John Steinbeck is a very well rounded author who is regarded as one of the most talented of his time. The California native lived an early life of constant moving, which eventually led to affect his writing style. Many common themes are evident throughout all of his short stories and books. Steinbeck is such an acclaimed writer because his themes and plots of his stories correlate to the time period in which he is writing. Therefore, readers are able to relate to his stories, leading Steinbeck to be an instant success.
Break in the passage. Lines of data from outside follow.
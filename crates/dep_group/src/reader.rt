ghost use Rattle.std.specs.Prelude.{◌≡◌, ◌≢◌, ◌+◌, ◌∷◌, ◌++◌, ◌&&◌, [], Bool, List, map, IfOk};
ghost use Rattle.std.specs.Prelude.{IfErr, MatchOption, OnOk, None, Ok, Err, ℕ};
ghost use Rattle.std.specs.List.{list_any};
ghost use Rattle.dep_group.specs.declared.token.GroupFault.TheVariants.{Memory};
ghost use Rattle.dep_group.specs.declared.token.Opener.{Opener};
ghost use Rattle.dep_group.specs.declared.token.Token.{Token};
ghost use Rattle.dep_group.specs.declared.token.Token.TheVariants.{Closes, Leaf, Opens};
ghost use Rattle.dep_group.specs.Trees.{Tree, is_any_of, opens_any, trees_of};
ghost use Rattle.dep_group.specs.Trees.{group as tree_group, leaf as tree_leaf};
ghost use Rattle.dep_group.specs.Reading.{in_any_of, read};
ghost use Rattle.dep_group.specs.Maps.{opener_map, token_map};
ghost use Rattle.dep_group.specs.Nodes.{finished_here, read_on, stacked};
ghost use Rattle.dep_group.specs.Tokens.{Grammar, HasFlagName, IsLeafWord, IsOnlyLeaf, IsOpener};

use crate::token::{GroupFault, Opener, Token};
use pms_names::Flag;
use std::alloc::{AllocError, Global};
use std::mem;

/// How many groups may be open at once.
const MOST_OPEN: usize = 64;

/// A kind of text of groups, by the nodes that it is read into. `K` are its openers, `L` its
/// leaves.
pub trait Node<K, L>: Sized {
    /// What a leaf says.
    ghost Value: { Type 0 };

    ghost grammar: { Grammar Value };

    /// The leaves that may not stand inside an any-of group.
    ghost barred: { Value → Bool };

    /// What an opener opens.
    ghost kind: { K → Opener (List ℕ) };

    ghost said: { L → Value };

    /// The tree that a node is.
    ghost view: { Self → Tree (Opener (List ℕ)) Value };

    fn of_leaf(leaf: L) -> Self
        ensures { view result ≡ tree_leaf (said leaf) };

    fn of_group(opener: Option<K>, nodes: Vec<Self>) -> Self
        ensures { view result ≡
            tree_group (opener_map kind opener) (trees_of (map view nodes.items)) };

    fn is_any_of(opener: &K) -> bool
        ensures { result ≡ is_any_of (kind opener.now) };

    fn is_barred(leaf: &L) -> bool
        ensures { result ≡ barred (said leaf.now) };

    /// Whether brackets keep the parentheses in them.
    fn keeps_brackets() -> bool
        ensures { result ≡ grammar.brackets };

    /// The opener, if groups of this kind of text have it.
    fn opener(opener: Opener<Flag>) -> Option<K>
        requires { HasFlagName opener }
        ensures { MatchOption result (¬ IsOpener grammar opener)
            (λ k. (kind k ≡ opener) × IsOpener grammar opener) };

    /// The leaf that the word is, if it is one.
    fn leaf(alloc: Global, word: &str) -> Result<Option<L>, AllocError>
        ensures { IfOk result (λ found. MatchOption found (¬ IsLeafWord grammar word.now)
            (λ leaf. IsOnlyLeaf grammar word.now (said leaf))) };
}

/// A group that is open: what opened it, the index of its parenthesis, and the nodes before it.
#[derive(Drop)]
struct Frame<K, N> {
    opener: Option<K>,
    at: usize,
    before: Vec<N>,
}

/// What has been read: the opener right before, the open groups, and the nodes of the innermost.
#[derive(Drop)]
struct Reader<K, N> {
    begun: Option<K>,
    stack: Vec<Frame<K, N>>,
    done: Vec<N>,
}

/// The nodes that the tokens make, or the first fault, whose place is the index of its token.
pub(crate) fn read_nodes<K: Drop, L: Drop, N: Node<K, L> + Drop>(
    alloc: Global,
    tokens: Vec<Token<K, L>>,
) -> Result<Vec<N>, GroupFault>
    ensures ok { IfOk result (λ nodes.
        read is_any_of N.barred (map (token_map N.kind N.said) tokens.items) 0 None [] [] ≡
        Ok (map N.view nodes.items)) }
    ensures err { IfErr result (λ e. e ≢ Memory →
        read is_any_of N.barred (map (token_map N.kind N.said) tokens.items) 0 None [] [] ≡ Err e) }
{
    let mut reader = Reader {
        begun: None,
        stack: Vec::new(alloc),
        done: Vec::new(alloc),
    };
    let count = tokens.len();
    for (at, token) in tokens.into_iter().enumerate() {
        step(&mut reader, token, at)?;
    }
    finish(reader, count)
}

fn step<K: Drop, L: Drop, N: Node<K, L> + Drop>(
    reader: &mut Reader<K, N>,
    token: Token<K, L>,
    at: usize,
) -> Result<(), GroupFault>
    ensures ok { OnOk result ((rest : List (Token (Opener (List ℕ)) N.Value)) →
        read_on N.kind N.view N.barred reader.old (token_map N.kind N.said token ∷ rest) at ≡
        read_on N.kind N.view N.barred reader.new rest (at + 1)) }
    ensures err { IfErr result (λ e. e ≢ Memory → (rest : List (Token (Opener (List ℕ)) N.Value)) →
        read_on N.kind N.view N.barred reader.old (token_map N.kind N.said token ∷ rest) at ≡
        Err e) }
{
    if reader.begun.is_some() {
        return match token {
            Token::Opens => open(reader, at),
            _ => Err(GroupFault::Leaf {
                at: at.saturating_sub(1),
            }),
        };
    }
    match token {
        Token::Leaf(leaf) => push_leaf(reader, leaf, at),
        Token::Begins(opener) => {
            reader.begun = Some(opener);
            Ok(())
        }
        Token::Opens => open(reader, at),
        Token::Closes => close(reader, at),
        Token::Glued => Err(GroupFault::NoSpace { at }),
        Token::Unknown => Err(GroupFault::Leaf { at }),
    }
}

fn push_leaf<K: Drop, L: Drop, N: Node<K, L> + Drop>(
    reader: &mut Reader<K, N>,
    leaf: L,
    at: usize,
) -> Result<(), GroupFault>
    requires { reader.old.begun ≡ None }
    ensures ok { OnOk result ((rest : List (Token (Opener (List ℕ)) N.Value)) →
        read_on N.kind N.view N.barred reader.old (Leaf (N.said leaf) ∷ rest) at ≡
        read_on N.kind N.view N.barred reader.new rest (at + 1)) }
    ensures err { IfErr result (λ e. e ≢ Memory → (rest : List (Token (Opener (List ℕ)) N.Value)) →
        read_on N.kind N.view N.barred reader.old (Leaf (N.said leaf) ∷ rest) at ≡ Err e) }
{
    if is_refused::<K, L, N>(&reader.stack, &leaf) {
        return Err(GroupFault::Barred { at });
    }
    push(&mut reader.done, N::of_leaf(leaf))?;
    Ok(())
}

fn open<K: Drop, L: Drop, N: Node<K, L> + Drop>(
    reader: &mut Reader<K, N>,
    at: usize,
) -> Result<(), GroupFault>
    ensures ok { OnOk result ((rest : List (Token (Opener (List ℕ)) N.Value)) →
        read_on N.kind N.view N.barred reader.old (Opens ∷ rest) at ≡
        read_on N.kind N.view N.barred reader.new rest (at + 1)) }
    ensures err { IfErr result (λ e. e ≢ Memory → (rest : List (Token (Opener (List ℕ)) N.Value)) →
        read_on N.kind N.view N.barred reader.old (Opens ∷ rest) at ≡ Err e) }
{
    if reader.stack.len() >= MOST_OPEN {
        return Err(GroupFault::Depth);
    }
    let inner = Vec::new(*reader.done.allocator());
    let before = mem::replace(&mut reader.done, inner);
    let opener = reader.begun.take();
    push(&mut reader.stack, Frame { opener, at, before })?;
    Ok(())
}

fn close<K: Drop, L: Drop, N: Node<K, L> + Drop>(
    reader: &mut Reader<K, N>,
    at: usize,
) -> Result<(), GroupFault>
    requires { reader.old.begun ≡ None }
    ensures ok { OnOk result ((rest : List (Token (Opener (List ℕ)) N.Value)) →
        read_on N.kind N.view N.barred reader.old (Closes ∷ rest) at ≡
        read_on N.kind N.view N.barred reader.new rest (at + 1)) }
    ensures err { IfErr result (λ e. e ≢ Memory → (rest : List (Token (Opener (List ℕ)) N.Value)) →
        read_on N.kind N.view N.barred reader.old (Closes ∷ rest) at ≡ Err e) }
{
    match reader.stack.pop() {
        None => Err(GroupFault::Close { at }),
        Some(frame) => {
            let Frame {
                opener,
                at: _,
                before,
            } = frame;
            let nodes = mem::replace(&mut reader.done, before);
            push(&mut reader.done, N::of_group(opener, nodes))?;
            Ok(())
        }
    }
}

fn finish<K: Drop, L: Drop, N: Node<K, L> + Drop>(
    reader: Reader<K, N>,
    at: usize,
) -> Result<Vec<N>, GroupFault>
    ensures ok { IfOk result (λ nodes.
        finished_here N.kind N.view reader at ≡ Ok (map N.view nodes.items)) }
    ensures err { IfErr result (λ e.
        finished_here N.kind N.view reader at ≡ Err e) }
{
    let Reader { begun, stack, done } = reader;
    if begun.is_some() {
        return Err(GroupFault::Leaf {
            at: at.saturating_sub(1),
        });
    }
    if stack.is_empty() {
        return Ok(done);
    }
    Err(GroupFault::Open { at: stack[0].at })
}

fn is_refused<K, L, N: Node<K, L>>(stack: &[Frame<K, N>], leaf: &L) -> bool
    ensures { result ≡
        (in_any_of is_any_of (stacked N.kind N.view stack.now) && N.barred (N.said leaf.now)) }
{
    any_of_is_open::<K, L, N>(stack) && N::is_barred(leaf)
}

fn any_of_is_open<K, L, N: Node<K, L>>(stack: &[Frame<K, N>]) -> bool
    ensures { result ≡
        list_any (λ f. opens_any is_any_of (opener_map N.kind f.opener)) stack.now }
{
    for frame in stack {
        if opens_any_of::<K, L, N>(&frame.opener) {
            return true;
        }
    }
    false
}

fn opens_any_of<K, L, N: Node<K, L>>(opener: &Option<K>) -> bool
    ensures { result ≡ opens_any is_any_of (opener_map N.kind opener.now) }
{
    match opener {
        Some(opener) => N::is_any_of(opener),
        None => false,
    }
}

fn push<T: Drop>(items: &mut Vec<T>, item: T) -> Result<(), AllocError>
    ensures { OnOk result (items.new.items ≡ items.old.items ++ item ∷ []) }
{
    items.push(item)?;
    Ok(())
}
The styles and techniques in which he uses these themes varies story to story. His writing style reflects heavily on his own personal life growing up as well as with the time period of his writing and life. The two main stories with clear themes and techniques is Of Mice and Men and The Grapes of Wrath. The main themes that will be discussed in depth are violence, the American Dream, relationships, ethics, and biblical reference. When looking in depth at these two stories, Steinbeck’s writing style becomes clear. In order to grasp the meaning and incentive for John Steinbeck’s writing it is crucial to understand and account for his themes, styles, and techniques that he uses repeatedly in his works.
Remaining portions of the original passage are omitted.